Fable I könntest du dir auch mal ansehen, da kann man zwar nichts bauen, aber man kann Häuser kaufen, ausschmücken, Heiraten, etc. und je nach dem wie man sich verhält reagieren die Bewohner der Fantasy-Welt anders auf einen (beten einen gradezu an wenn man nur gutes tut, oder rennen panisch kreischend vor einem weg, wenn man sich wenig sozial verhalten hat...) 

Neverwinter Nights 2 hat noch einen kleinen "Aufbau-Part" (obwohl er den Namen kaum verdient). Man bekommt relativ spät im Spiel eine eigene runtergekommene Burg, die man vor einem bevorstehenden Angriff wieder in Schuß bringen kann, ist allerdings sehr simpel. Außerdem ist es nicht wirklich Open World. Man kann zwar auf der Karte herumreisen und es gibt auch recht viele Nebenquests aber "nicht linear" halte ich immer noch für was anderes als Open World.

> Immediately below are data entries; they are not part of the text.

//! Reading a source to its end, and writing a text to a sink.

ghost use Rattle.std.specs.Prelude.{◌≡◌, ℕ, ◌<◌, ◌≤◌, List, [], length, IfOk, OnOk, IsErrOf};
ghost use Rattle.std.specs.Io.KnownBytes.{Consumes};
ghost use Rattle.tap_ground.specs.Counts.{one_more};
ghost use Rattle.tap_top.specs.Course.{ReadFails, ReadsPiece, ReadsWell};
ghost use Rattle.tap_top.specs.Top.{Breaks, Stops, TakesInput, Writes, sink_between, source_between};
ghost use Rattle.tap_top.specs.declared.ends.ReadError.TheVariants.{NoMemory, SourceFailed};

use scen_text::MAX_BYTES;
use std::alloc::{AllocError, Global};
use tap_outside::{Failed, Sink, SinkErr, Source};
use thiserror::Error;

/// How many bytes are asked for at once.
const PIECE: usize = 65_536;

/// Why a source wasn't read to its end.
#[derive(Clone, Copy, Debug, PartialEq, Eq, Error)]
pub enum ReadError {
    /// The source failed.
    #[error("the source failed")]
    SourceFailed,
    /// Memory ran out.
    #[error("out of memory")]
    NoMemory,
}

impl From<AllocError> for ReadError {
    ghost from_gives = { λ _ e. e ≡ NoMemory };

    fn from(_e: AllocError) -> ReadError {
        ReadError::NoMemory
    }
}

impl From<Failed> for ReadError {
    ghost from_gives = { λ _ e. e ≡ SourceFailed };

    fn from(_e: Failed) -> ReadError {
        ReadError::SourceFailed
    }
}

// Adds the next piece of the source to the bytes, and answers how long it is.
fn read_piece<S: Source>(
    source: &mut S,
    room: &mut [u8],
    bytes: &mut Vec<u8>,
) -> Result<usize, ReadError>
    requires { 0 < length room.old }
    ensures read { IfOk result (ReadsPiece (S.left source.old) (S.left source.new)
        bytes.old.items bytes.new.items (length room.old)) }
    ensures no_fault { OnOk result (S.faults source.new ≡ S.faults source.old) }
    ensures well { S.ends_well source.old → IfOk result (λ n. 0 < n → S.ends_well source.new) }
    ensures failed { IsErrOf result ReadError.SourceFailed → Consumes (S.left source.old) (S.left source.new) []
        × (S.faults source.new ≡ one_more (S.faults source.old)) × (S.ends_well source.old → ⊥) }
    ensures no_memory { IsErrOf result ReadError.NoMemory → (piece : List ℕ)
        × Consumes (S.left source.old) (S.left source.new) piece × (length piece ≤ length room.old)
        × (S.faults source.new ≡ S.faults source.old) }
{
    let n = source.read(room)?;
    bytes.extend_from_slice(&room[..n])?;
    Ok(n)
}

/// The bytes of the source up to its end, or up to one byte more than the limit of a scenario.
pub fn read_all<S: Source>(alloc: Global, source: &mut S) -> Result<Vec<u8>, ReadError>
    ensures input { IfOk result (λ bytes. TakesInput
        (source_between (S.left source.old) (S.left source.new)
        (S.faults source.old) (S.faults source.new)) bytes.items) }
    ensures no_fault { OnOk result (S.faults source.new ≡ S.faults source.old) }
    ensures failed { IsErrOf result ReadError.SourceFailed → ReadFails (source_between
        (S.left source.old) (S.left source.new) (S.faults source.old) (S.faults source.new)) (S.ends_well source.old) }
    ensures no_memory { IsErrOf result ReadError.NoMemory → (bytes : List ℕ)
        × ReadsWell (source_between (S.left source.old) (S.left source.new)
        (S.faults source.old) (S.faults source.new)) bytes }
{
    let mut room = vec![in alloc; 0u8; PIECE]?;
    let mut bytes = Vec::new(alloc);
    while bytes.len() <= MAX_BYTES {
        let most = room.len().min(MAX_BYTES + 1 - bytes.len());
        if read_piece(source, &mut room[..most], &mut bytes)? == 0 {
            return Ok(bytes);
        }
    }
    Ok(bytes)
}

/// Writes all of the text, in as many pieces as the sink takes.
pub fn write_all<K: Sink>(sink: &mut K, text: &[u8]) -> Result<(), SinkErr>
    ensures all { OnOk result (Writes
        (sink_between (K.written sink.old) (K.written sink.new) (K.faults sink.old) (K.faults sink.new)) text.now) }
    ensures failed { IsErrOf result SinkErr.Failed → Breaks
        (sink_between (K.written sink.old) (K.written sink.new) (K.faults sink.old) (K.faults sink.new)) text.now
        × (K.is_reliable sink.old → ⊥) }
    ensures no_memory { IsErrOf result SinkErr.NoMemory → Stops
        (sink_between (K.written sink.old) (K.written sink.new) (K.faults sink.old) (K.faults sink.new)) text.now }
{
    let mut done = 0;
    while done < text.len() {
        done += sink.write(&text[done..])?;
    }
    Ok(())
}
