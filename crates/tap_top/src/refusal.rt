//! The line of a refusal.

ghost use Rattle.std.specs.Prelude.{◌≡◌, IfOk, string_bytes};
ghost use Rattle.tap_top.specs.Top.{refusal_line};

use scen_text::ScenFault;
use std::alloc::{AllocError, Global};

/// The line `refused LINE WHY`, with the further numbers.
pub fn refusal_line(alloc: Global, fault: ScenFault) -> Result<String, AllocError>
    ensures { IfOk result (λ text. string_bytes text ≡ refusal_line fault) }
{
    format!(in alloc; "{fault}\n")
}
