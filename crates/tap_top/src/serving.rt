//! The text for a good scenario.

ghost use Rattle.std.specs.Prelude.{◌≡◌, ◌+◌, ◌≤◌, true, IfOk, string_bytes};
ghost use Rattle.scen_laid.specs.Laid.{IsLaid};
ghost use Rattle.tap_top.specs.Top.{IsText, PlainText, command_count, count_line, is_built, made_text, reads};

use crate::output::output_of;
use scen_gen::generate;
use scen_plain::run_plain;
use scen_text::{Phase, Scenario, print_scenario, upgrade};
use std::alloc::{AllocError, Global};
use std::fmt::Write;
use tap_words::Request;

// A sum, where the machine has as much memory.
fn sum(first: usize, second: usize) -> Result<usize, AllocError>
    ensures { IfOk result (λ n. n ≡ first + second) }
{
    match first.checked_add(second) {
        Some(sum) => Ok(sum),
        None => Err(AllocError),
    }
}

// How many commands there are.
fn command_count(phases: &[Phase]) -> Result<usize, AllocError>
    ensures { IfOk result (λ n. n ≡ command_count phases.now) }
{
    let mut count: usize = 0;
    for phase in phases {
        count = sum(count, phase.lines.len())?;
    }
    Ok(count)
}

#[tactic(auto, unfolding(crate::specs::Top::count_line))]
fn count_line(alloc: Global, count: usize) -> Result<String, AllocError>
    ensures { IfOk result (λ text. string_bytes text ≡ count_line count) }
{
    let mut text = String::new(alloc);
    writeln!(text, "ok {count}")?;
    Ok(text)
}

// A run on one thread, as the seed picks.
fn plain(alloc: Global, json: bool, seed: u64, scenario: &Scenario) -> Result<String, AllocError>
    requires { IsLaid scenario.now }
    ensures { IfOk result (λ text. PlainText json seed scenario.now (string_bytes text)) }
{
    let trace = run_plain(alloc, scenario, seed)?;
    output_of(alloc, json, scenario, &trace)
}

/// The text for a good scenario, where a request is built that reads one.
pub fn serve(alloc: Global, request: Request, scenario: Scenario) -> Result<String, AllocError>
    requires built { is_built request ≡ true }
    requires read { reads request ≡ true }
    requires laid { IsLaid scenario }
    ensures { IfOk result (λ text. IsText request scenario (string_bytes text)) }
{
    match request {
        Request::Check => count_line(alloc, command_count(scenario.phases.as_slice())?),
        Request::Upgrade => print_scenario(alloc, &upgrade(scenario)),
        Request::Plain { seed, json } => plain(alloc, json, seed, &scenario),
        Request::Live { .. } => unreachable!(),
        Request::Audit => unreachable!(),
        Request::Gen { .. } => unreachable!(),
    }
}

/// The text of the scenario that is made for so many sends.
pub fn made(alloc: Global, count: u32) -> Result<String, AllocError>
    requires some { 1 ≤ count }
    requires most { count ≤ 100000 }
    ensures { IfOk result (λ text. string_bytes text ≡ made_text count) }
{
    print_scenario(alloc, &generate(alloc, count)?)
}
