//! The top call of the program: words, bytes in, bytes out, one exit status.
//!
//! [`plain_main`] does what its words ask for: it counts the commands of a scenario, runs it on one thread as a seed
//! picks and writes the trace and its report, prints it in version 2, or makes a large one by number. Which run a seed
//! picks is said in `scen_plain`.
//!
//! `specs/Top.antt` has the statuses, and what is wanted at each; `specs/Output.antt` what is written for a trace;
//! `specs/Headline.antt` what is promised of the run behind it: each accepted frame stands exactly once in the world
//! that it ends in, frames leave each line in the order placed, and each chain is published used at most once.
//! `specs/Course.antt` is of the inside: the ways a run of the program can take between its two ends.
#![tactic(auto)]

mod ends;
mod output;
mod refusal;
mod serving;
mod top;
mod words;

pub use top::plain_main;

Sonst gibt's noch "die Gilde 2" das könnte auch interessant sein, ich hab's allerdings nie wirklich gespielt... Gab's mal auf irgendeiner Heft-DVD und ich wollte es mit meinem Bruder zusammen im Netzwerk zocken, ist aber nie richtig gelaufen. Allein hab ich auf so was nicht wirklich Lust... 

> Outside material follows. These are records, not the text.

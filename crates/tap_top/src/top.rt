//! The top call.

ghost use Rattle.std.specs.Prelude.{◌≡◌, ℕ, true, List, Some, map, string_bytes, IfOk};
ghost use Rattle.tap_top.specs.Course.{Course, IsSent};
ghost use Rattle.tap_top.specs.Top.{Ended, IsReply, is_built, reads, served, sink_between, source_between};

use crate::ends::{ReadError, read_all, write_all};
use crate::refusal::refusal_line;
use crate::serving::{made, serve};
use crate::words::served;
use scen_laid::read_is_laid;
use scen_plain::{plain_runs_are_sound, plain_traces};
use scen_text::{OrMemory, read_scenario};
use std::alloc::{AllocError, Global};
use tap_outside::{Sink, SinkErr, Source};
use tap_words::Request;

/// The statuses.
const DONE: u8 = 0;

const USAGE_TOLD: u8 = 1;

const REFUSED: u8 = 2;

const SOURCE_FAILED: u8 = 3;

const SINK_FAILED: u8 = 4;

const OUT_OF_MEMORY: u8 = 5;

const USAGE: &str =
    "usage: tapsim check | plain [--seed N] [--json] | live [--json] | audit | gen N | upgrade\n";

// What is to be written, and the status that goes with it.
#[derive(Drop)]
struct Reply {
    status: u8,
    text: String,
}

// The reply to an input, for what is asked.
fn reply_to(alloc: Global, request: Request, bytes: &[u8]) -> Result<Reply, AllocError>
    requires built { is_built request ≡ true }
    requires read { reads request ≡ true }
    ensures { IfOk result (λ reply. IsReply request bytes.now reply.status (string_bytes reply.text)) }
{
    read_is_laid();
    plain_runs_are_sound();
    plain_traces();
    match read_scenario(alloc, bytes) {
        Ok(scenario) => Ok(Reply {
            status: DONE,
            text: serve(alloc, request, scenario)?,
        }),
        Err(OrMemory::Fault(fault)) => Ok(Reply {
            status: REFUSED,
            text: refusal_line(alloc, fault)?,
        }),
        Err(OrMemory::NoMemory) => Err(AllocError),
    }
}

// Writes the text that goes with a status, and answers the status of the whole.
fn send<K: Sink>(sink: &mut K, text: &str, status: u8) -> u8
    ensures { IsSent
        (sink_between (K.written sink.old) (K.written sink.new) (K.faults sink.old) (K.faults sink.new))
        (K.is_reliable sink.old) status text.now result }
{
    match write_all(sink, text.as_bytes()) {
        Ok(()) => status,
        Err(SinkErr::Failed) if status == DONE => SINK_FAILED,
        Err(SinkErr::Failed) => status,
        Err(SinkErr::NoMemory) => OUT_OF_MEMORY,
    }
}

// Reads the input, and writes the reply to it.
fn replied<S: Source, K: Sink>(alloc: Global, request: Request, source: &mut S, sink: &mut K) -> u8
    requires built { is_built request ≡ true }
    requires read { reads request ≡ true }
    ensures { (words : List (List ℕ)) → served words ≡ Some request → Course words
        (source_between (S.left source.old) (S.left source.new) (S.faults source.old) (S.faults source.new))
        (sink_between (K.written sink.old) (K.written sink.new) (K.faults sink.old) (K.faults sink.new))
        (source.new ≡ source.old) (sink.new ≡ sink.old) (S.ends_well source.old) (K.is_reliable sink.old) result }
{
    let bytes = match read_all(alloc, source) {
        Ok(bytes) => bytes,
        Err(ReadError::SourceFailed) => return SOURCE_FAILED,
        Err(ReadError::NoMemory) => return OUT_OF_MEMORY,
    };
    match reply_to(alloc, request, &bytes) {
        Ok(reply) => send(sink, reply.text.as_str(), reply.status),
        Err(AllocError) => OUT_OF_MEMORY,
    }
}

fn course<S: Source, K: Sink>(alloc: Global, words: &[String], source: &mut S, sink: &mut K) -> u8
    ensures { Course (map string_bytes words.now)
        (source_between (S.left source.old) (S.left source.new) (S.faults source.old) (S.faults source.new))
        (sink_between (K.written sink.old) (K.written sink.new) (K.faults sink.old) (K.faults sink.new))
        (source.new ≡ source.old) (sink.new ≡ sink.old) (S.ends_well source.old) (K.is_reliable sink.old) result }
{
    let request = match served(alloc, words) {
        Ok(Some(request)) => request,
        Ok(None) => return send(sink, USAGE, USAGE_TOLD),
        Err(AllocError) => return OUT_OF_MEMORY,
    };
    match request {
        Request::Gen { count } => match made(alloc, count) {
            Ok(text) => send(sink, text.as_str(), DONE),
            Err(AllocError) => OUT_OF_MEMORY,
        },
        request => replied(alloc, request, source, sink),
    }
}

/// Runs the program: the words are those after its name, the scenario comes from the source, which `gen` doesn't read,
/// and all that is written goes to the sink. It answers the exit status:
///
/// | status | where | written |
/// |---|---|---|
/// | 0 | done | what is asked for |
/// | 1 | the words aren't `check`, `plain [--seed N] [--json]`, `gen N` or `upgrade` | the usage line |
/// | 2 | the scenario is refused | `refused LINE WHY` |
/// | 3 | the source failed | nothing |
/// | 4 | the sink failed | a front of the text of status 0, and not all of it |
/// | 5 | memory ran out | nothing, or a front of the text or line that would else be written, and not all of it |
///
/// What is asked for is of `check` the line `ok N`, N the number of commands; of `plain` the trace, then the report, as
/// text or as one line of JSON; of `gen` and `upgrade` a scenario.
///
/// The order is words, reading, scenario, running, writing; status 5 may come in place of any. Where the line of
/// status 1 or 2 can't be written whole, the status stays and a front of it is written. Bytes are spoken of where
/// source and sink tell theirs.
pub fn plain_main<S: Source, K: Sink>(
    alloc: Global,
    words: &[String],
    source: &mut S,
    sink: &mut K,
) -> u8
    ensures { Ended (map string_bytes words.now)
        (source_between (S.left source.old) (S.left source.new) (S.faults source.old) (S.faults source.new))
        (sink_between (K.written sink.old) (K.written sink.new) (K.faults sink.old) (K.faults sink.new))
        (source.new ≡ source.old) (sink.new ≡ sink.old) (S.ends_well source.old) (K.is_reliable sink.old) result }
{
    course(alloc, words, source, sink)
}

Auf der PS2 gibt's noch Dark Cloud 2 bzw, Dark Chronicle, ist ein Action-Rollenspiel in Cel-Shading Optik in dem ein SimCity-Ähnlicher Modus zentrales Spielthema ist. Hat fast überall Höchstwertungen abgestaubt (88% GameRankings, 87% Metacritic), ist aber sicher nichts für jedermann. Mir hat's mal ziemlich viel Laune gemacht...


----------



## MasterFreak (17. April 2011)

Probiers mal mit Neverwinter Nights oder Dragon Age was aber noch geht ist Rise & Fall !!!


----------